Convert $\frac{9}{10}$ and $\frac{-7}{40}$ to fractions with the common denominator 40: $\frac{9}{10}=\frac{36}{40}$.

6Step 6 - Perform the subtraction

Now subtract the fractions: $\frac{36}{40}-\frac{-7}{40}\rightarrow \frac{36+7}{40}=\frac{43}{40}$.

7Step 7 - Simplify if needed

$\frac{43}{40}$ is already in its simplest form. Thus, the final answer is $\frac{43}{40}$.

Key Concepts

common denominatorsfraction subtractionleast common denominator

common denominators

When subtracting fractions, the first step is to find common denominators. A common denominator is a shared multiple of both denominators of the fractions you are working with. It allows you to convert the fractions so they have the same base, making the arithmetic operation much simpler.
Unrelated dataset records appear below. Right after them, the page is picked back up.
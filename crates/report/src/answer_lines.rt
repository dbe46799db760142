// The lines of a report that tell the answer.
ghost use Rattle.std.specs.Prelude.{◌≡◌, ◌<◌, ◌≤◌, ◌++◌, OnOk};
ghost use Rattle.std.specs.Option.{option_copied};
ghost use Rattle.weights.specs.declared.TheConstants.{MAX};
ghost use Rattle.report.specs.Report.{AreQuotients, HasQuotients, IsPart, answer_lines, node_line, node_lines, numerator_in, spread_lines, statistic_line, tail_line, tail_lines, tail_word, total_line, value_line};

use crate::decimals::six_decimals;
use crate::pieces::{end_line, push_number};
use networks::{Answer, Spread, TailSum};
use weights::{Bytes, Line, NoMemory, Tail};

// Adds the line of the observed statistic.
#[tactic(auto, unfolding(crate::specs::Report::statistic_line))]
pub(crate) fn push_statistic(text: &mut Bytes, statistic: i128, scale: u128) -> Result<(), NoMemory>
    ensures { OnOk result (text.new ≡ text.old ++ statistic_line statistic scale) }
{
    push_number(text, "statistic ", statistic)?;
    end_line(text, "/", scale)
}

// Adds the line of the total.
#[tactic(auto, unfolding(crate::specs::Report::total_line))]
pub(crate) fn push_total(text: &mut Bytes, total: u128) -> Result<(), NoMemory>
    ensures { OnOk result (text.new ≡ text.old ++ total_line total) }
{
    end_line(text, "total ", total)
}

// The word for a tail.
fn word_of(tail: Tail) -> &'static str
    ensures { result.now ≡ tail_word tail }
{
    match tail {
        Tail::Less => "less",
        Tail::Greater => "greater",
        Tail::Two => "two",
    }
}

// Adds the line of a tail, where it is asked.
#[tactic(auto, unfolding(crate::specs::Report::tail_line))]
fn push_tail(
    text: &mut Bytes,
    total: u128,
    tail: Tail,
    numerator: Option<u128>,
) -> Result<(), NoMemory>
    requires part { IsPart total numerator }
    requires some { 0 < total }
    requires fits { total ≤ MAX }
    ensures { OnOk result (text.new ≡ text.old ++ tail_line total tail numerator) }
{
    let Some(numerator) = numerator else {
        return Ok(());
    };
    text.append(word_of(tail).as_bytes())?;
    push_number(text, " ", numerator)?;
    push_number(text, "/", total)?;
    text.append(b" ")?;
    text.append(&six_decimals(numerator, total))?;
    text.append(b"\n")
}

// Adds the lines of the asked tails.
#[tactic(auto, unfolding(crate::specs::Report::tail_lines))]
pub(crate) fn push_tails(
    text: &mut Bytes,
    total: u128,
    less: Option<u128>,
    greater: Option<u128>,
    two: Option<u128>,
) -> Result<(), NoMemory>
    requires { AreQuotients total less greater two }
    ensures { OnOk result (text.new ≡ text.old ++ tail_lines total less greater two) }
{
    push_tail(text, total, Tail::Less, less)?;
    push_tail(text, total, Tail::Greater, greater)?;
    push_tail(text, total, Tail::Two, two)
}

// The numerator of a tail, where it is asked.
fn numerator_in(tail: Option<TailSum>) -> Option<u128>
    ensures { result ≡ numerator_in tail }
{
    match tail {
        Some(found) => Some(found.sum),
        None => None,
    }
}

// Adds the lines of the asked tails of an answer.
pub(crate) fn push_answer(text: &mut Bytes, answer: &Answer) -> Result<(), NoMemory>
    requires { HasQuotients answer.now }
    ensures { OnOk result (text.new ≡ text.old ++ answer_lines answer.now) }
{
    let less = numerator_in(answer.less);
    let greater = numerator_in(answer.greater);
    let two = numerator_in(answer.two);
    push_tails(text, answer.total, less, greater, two)
}

// Adds the line of a tail's open keys, where it is asked.
#[tactic(auto, unfolding(crate::specs::Report::node_line))]
fn push_node(text: &mut Bytes, tail: Tail, sum: Option<TailSum>) -> Result<(), NoMemory>
    ensures { OnOk result (text.new ≡ text.old ++ node_line tail sum) }
{
    let Some(found) = sum else {
        return Ok(());
    };
    text.append(b"nodes ")?;
    text.append(word_of(tail).as_bytes())?;
    end_line(text, " ", found.opened)
}

// Adds the lines of the open keys.
#[tactic(auto, unfolding(crate::specs::Report::node_lines))]
pub(crate) fn push_nodes(text: &mut Bytes, answer: &Answer) -> Result<(), NoMemory>
    ensures { OnOk result (text.new ≡ text.old ++ node_lines answer.now) }
{
    push_node(text, Tail::Less, answer.less)?;
    push_node(text, Tail::Greater, answer.greater)?;
    push_node(text, Tail::Two, answer.two)
}

// Adds the line of an attained value.
#[tactic(auto, unfolding(crate::specs::Report::value_line))]
fn push_value(text: &mut Bytes, attained: &Line) -> Result<(), NoMemory>
    ensures { OnOk result (text.new ≡ text.old ++ value_line attained.now) }
{
    push_number(text, "at ", attained.value)?;
    end_line(text, " ", attained.weight)
}

// Adds the lines of a distribution, where it is asked.
#[tactic(auto, unfolding(crate::specs::Report::spread_lines))]
pub(crate) fn push_spread(text: &mut Bytes, spread: Option<&Spread>) -> Result<(), NoMemory>
    ensures { OnOk result (text.new ≡ text.old ++ spread_lines (option_copied spread.entry)) }
{
    let Some(spread) = spread else {
        return Ok(());
    };
    for attained in spread.as_slice() {
        push_value(text, attained)?;
    }
    Ok(())
}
To find a common denominator, identify the least common multiple (LCM) of the two denominators. This will be your common denominator. For example, in the exercise, converting $\frac{1}{8}$ and $\frac{3}{10}$, the LCM of 8 and 10 is 40. This is the least common denominator (LCD) and is necessary to proceed with the subtraction.

fraction subtraction

Subtracting fractions becomes straightforward once they have common denominators.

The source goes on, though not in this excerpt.